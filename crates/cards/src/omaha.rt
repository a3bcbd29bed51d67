// Request No. 5, Omaha: the best hand of exactly two of four hole cards with exactly three of the board. Each of the six pairs goes through the
// search among the board cards as two cards that are chosen already, and hands on the best hand so far.
ghost use Rattle.std.specs.Prelude.{◌≡◌, [], ◌∷◌, ◌≤◌, length};
ghost use Rattle.cards.specs.Order.{ranking_of, keep, values_from, best_among, Placed};
ghost use Rattle.cards.specs.Packed.{hand_in, IsHand};
ghost use Rattle.cards.specs.Omaha.{from_both};

use crate::choose::{NO_HAND, best};
use crate::weighing::hand_in;
use crate::{Hand, Ranking, ranking_of};

// The best hand so far, and of those that two hole cards make with three of the board.
fn with_pair(ranking: Ranking, board: &[u8], a: u8, b: u8, so_far: u64) -> u64
    requires { (3 ≤ length board.now) × Placed ranking × IsHand ranking so_far }
    ensures is { hand_in result ≡ keep ranking (hand_in so_far) (values_from ranking (a ∷ b ∷ []) 3 board.now) }
    ensures small { IsHand ranking result }
{
    let two = a as u64 * 256 + b as u64;
    best(ranking, board, 0, two, 2, so_far)
}

// By any ranking, with a board of three cards or more.
fn best_of_both(ranking: Ranking, hole: [u8; 4], board: &[u8]) -> Hand
    requires { (3 ≤ length board.now) × Placed ranking }
    ensures { result ≡ best_among ranking (from_both 2 3 hole board.now) }
{
    let n1 = with_pair(ranking, board, hole[0], hole[1], NO_HAND);
    let n2 = with_pair(ranking, board, hole[0], hole[2], n1);
    let n3 = with_pair(ranking, board, hole[0], hole[3], n2);
    let n4 = with_pair(ranking, board, hole[1], hole[2], n3);
    let n5 = with_pair(ranking, board, hole[1], hole[3], n4);
    hand_in(with_pair(ranking, board, hole[2], hole[3], n5))
}

// By the ranking of the deck, the best hand of two of the hole and three of the board cards; with fewer than three on the board, no hand.
pub fn best_omaha(deck: u32, hole: [u8; 4], board: &[u8]) -> Hand
    ensures { result ≡ best_among (ranking_of deck) (from_both 2 3 hole board.now) }
{
    if board.len() < 3 {
        return hand_in(NO_HAND);
    }
    best_of_both(ranking_of(deck), hole, board)
}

________________

What this task involves: Go through the records above. Copy each line in which the string "that" appears.

Written answer:
// search among the board cards as two cards that are chosen already, and hands on the best hand so far.
// The best hand so far, and of those that two hole cards make with three of the board.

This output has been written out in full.